# DRI Tightens Screws?



## nightnurse613 (Aug 17, 2011)

Could it be, one of my greatest fears has always been that (1) DRI would keep raising MF until it made no sense to own and/or (2) DRI would join other exchange companies and arbitrarily increase the number of points you need to stay until we no longer could stay at our own resort?   Well, I was noticing today that some of the 2012 points seemed to be a little higher than I thought they had been (which I just attributed to old age).  SO I looked at a current year reservation and compared it to a next year reservation (high season, same unit designation) and there was a 2000 point increase.   I thought maybe the weeks were not both high season but the difference between high and peak was only 1000 points!  Well, I am afraid to go back and check because my husband warned me about this when our M/F started going up, but I convinced him that the increase in quality would be worth it.  I am not sure I can relay this new information to him so, would someone just check it out and tell me I am mistaken?   Otherwise I am certain another MF increase will also accompany this news.


----------



## msutton33 (Aug 17, 2011)

*I would like to know this as well*

I am in the process of purchsing 8500 DRI US Collection resale and buying 2000 developer points for membership in the club.  I do not have any past experience with DRI as a company or with the increasing MF fees or increasing points.  

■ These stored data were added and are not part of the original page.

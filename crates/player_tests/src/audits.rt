// Listings that are audited: what is written of each, or its first bad line.
use crate::cases::{Case, expect, refused, replayed};
use player::Status;
use std::test::Fail;

// A clear that a dispatch and a copy read, with one barrier behind the clear.
const COVERED: &str =
    "clear 1 00000001 00000000 00000000 00000000 2 w b512:0-16 call 1\nbarrier all:w all:rw cause 1 2\ndispatch 2 p9 1 1 1 s0 b512:0-16 call 2\ncopy 3 r b512:0-16 w b513:0-16 call 3\nsubmit 1\n";

// The barrier names the dispatch alone.
const UNCOVERED: &str =
    "clear 1 00000001 00000000 00000000 00000000 2 w b512:0-16 call 1\nbarrier all:w compute:rw cause 1 2\ndispatch 2 p9 1 1 1 s0 b512:0-16 call 2\ncopy 3 r b512:0-16 w b513:0-16 call 3\nsubmit 1\n";

// A copy behind a copy, read by the host.
const TWO_COPIES: &str =
    "host-write b512 0 16 call 1\nhost-write b513 0 16 call 2\nhost-write b514 0 16 call 3\ncopy 1 r b514:0-16 w b512:0-16 call 3\nbarrier all:w all:rw cause 1 2\ncopy 2 r b512:0-16 w b513:0-16 call 4\nbarrier all:w host:r cause 2 host\nsubmit 1\nfence 1\nhost-read b513 0 16 call 5\n";

// Two fills between copies.
const FILLS: &str =
    "host-write b512 0 16 call 1\nhost-write b513 0 16 call 2\nhost-write b514 0 16 call 3\nhost-write b515 0 16 call 4\nhost-write b516 0 16 call 5\ncopy 1 r b512:0-16 w b513:0-16 call 8\nbarrier all:w all:rw cause 1 2\ncopy 2 r b513:0-16 w b514:0-16 call 9\nfill 3 00000005 w b512:0-16 call 10\nfill 4 00000006 w b515:0-16 call 11\nbarrier all:w all:rw cause 2 5\ncopy 5 r b514:0-16 w b516:0-16 call 12\nbarrier all:w host:r cause 5 host\nsubmit 1\nfence 1\nhost-read b516 0 16 call 13\n";

// The same with the barrier before the last copy taken out.
const FILLS_OPEN: &str =
    "host-write b512 0 16 call 1\nhost-write b513 0 16 call 2\nhost-write b514 0 16 call 3\nhost-write b515 0 16 call 4\nhost-write b516 0 16 call 5\ncopy 1 r b512:0-16 w b513:0-16 call 8\nbarrier all:w all:rw cause 1 2\ncopy 2 r b513:0-16 w b514:0-16 call 9\nfill 3 00000005 w b512:0-16 call 10\nfill 4 00000006 w b515:0-16 call 11\ncopy 5 r b514:0-16 w b516:0-16 call 12\nbarrier all:w host:r cause 5 host\nsubmit 1\nfence 1\nhost-read b516 0 16 call 13\n";

// Texts behind a listing, or alone, with what is written.
const AUDITS: [(&str, &str, &str); 12] = [
    ("", "", "covered\n"),
    (COVERED, "", "covered\n"),
    (UNCOVERED, "", "uncovered 0 3 b512:0-16\n"),
    (COVERED, "order 0 3 2\n", "covered\nallowed\n"),
    (COVERED, "order 3 0 2\n", "covered\nbroken 0 3\n"),
    (COVERED, "order 0 2\n", "covered\nnot-all 2\n"),
    (
        UNCOVERED,
        "order 0 2 3\n",
        "uncovered 0 3 b512:0-16\nallowed\n",
    ),
    (TWO_COPIES, "", "covered\n"),
    (FILLS, "", "covered\n"),
    (FILLS_OPEN, "", "uncovered 7 10 b514:0-16\n"),
    // Of three pairs of touches that conflict the first by the first act names the bytes.
    (
        "dispatch 0 p1 1 1 1 s0 b1:0-8 u0 b2:4-20 u1 b3:0-4 call 1\ndispatch 1 p1 1 1 1 c0 b3:0-4 s0 b2:8-24 u0 b1:0-4 call 2\n",
        "",
        "uncovered 0 1 b1:0-4\n",
    ),
    // What is read twice is no hazard.
    (
        "copy 7 r b1:0-4 w b2:0-4 call 1\ncopy 9 r b1:0-4 w b2:4-8 call 1\n",
        "order 1 0\n",
        "covered\nallowed\n",
    ),
];

// Texts with their first bad lines.
const BAD: [(&str, &str, u64); 13] = [
    // A number that doesn't rise.
    (
        "clear 1 00000001 00000000 00000000 00000000 2 w b512:0-16 call 1\nbarrier all:w all:rw cause 1 2\ndispatch 2 p9 1 1 1 s0 b512:0-16 call 2\ncopy 3 r b512:0-16 w b513:0-16 call 3\ncopy 2 r b512:0-16 w b513:0-16 call 4\nsubmit 1\n",
        "",
        5,
    ),
    (COVERED, "copy 3 r b512:0-16 w b513:0-16 call 3\n", 6),
    (COVERED, "order\n", 6),
    (COVERED, "order \n", 6),
    (COVERED, "order 0  3 2\n", 6),
    (COVERED, "order 0 3 2 \n", 6),
    (COVERED, "order 0 03 2\n", 6),
    (COVERED, "order 4294967296\n", 6),
    (COVERED, "order 0 3 2", 6),
    (COVERED, "order 0 3 2\nsubmit 2\n", 7),
    (COVERED, "order 0 3 2\norder 0 3 2\n", 7),
    ("vulkan\n", COVERED, 1),
    ("submit 1", "", 1),
];

fn joined(text: &str, more: &str, alloc: std::alloc::Global) -> Result<Vec<u8>, Fail> {
    let mut all = text.as_bytes().to_vec(alloc)?;
    all.extend_from_slice(more.as_bytes())?;
    Ok(all)
}

#[test]
fn reports(rt: HostRuntime) -> Result<(), Fail> {
    let alloc = rt.alloc();
    for (listing, order, output) in &AUDITS {
        let input = joined(listing, order, alloc)?;
        let case = replayed(&input, output.as_bytes());
        expect(
            &rt,
            alloc,
            &Case {
                word: "audit",
                ..case
            },
        )?;
    }
    Ok(())
}

#[test]
fn bad_lines(rt: HostRuntime) -> Result<(), Fail> {
    let alloc = rt.alloc();
    for (listing, order, line) in &BAD {
        let input = joined(listing, order, alloc)?;
        let case = refused(&input, Status::BadText { line: *line });
        expect(
            &rt,
            alloc,
            &Case {
                word: "audit",
                ..case
            },
        )?;
    }
    Ok(())
}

I am not sure what to believe from all I have heard from DRI sales and DRI owner enhancement as well as reading through the TUG threads.

Thank you for all your comments in advance.


----------



## nightnurse613 (Aug 17, 2011)

What you should believe is: When a TS salesman's lips are moving-they are probably lying.


----------



## pedro47 (Aug 17, 2011)

nightnurse613 said:


> Could it be, one of my greatest fears has always been that (1) DRI would keep raising MF until it made no sense to own and/or (2) DRI would join other exchange companies and arbitrarily increase the number of points you need to stay until we no longer could stay at our own resort?   Well, I was noticing today that some of the 2012 points seemed to be a little higher than I thought they had been (which I just attributed to old age).  SO I looked at a current year reservation and compared it to a next year reservation (high season, same unit designation) and there was a 2000 point increase.   I thought maybe the weeks were not both high season but the difference between high and peak was only 1000 points!  Well, I am afraid to go back and check because my husband warned me about this when our M/F started going up, but I convinced him that the increase in quality would be worth it.  I am not sure I can relay this new information to him so, would someone just check it out and tell me I am mistaken?   Otherwise I am certain another MF increase will also accompany this news.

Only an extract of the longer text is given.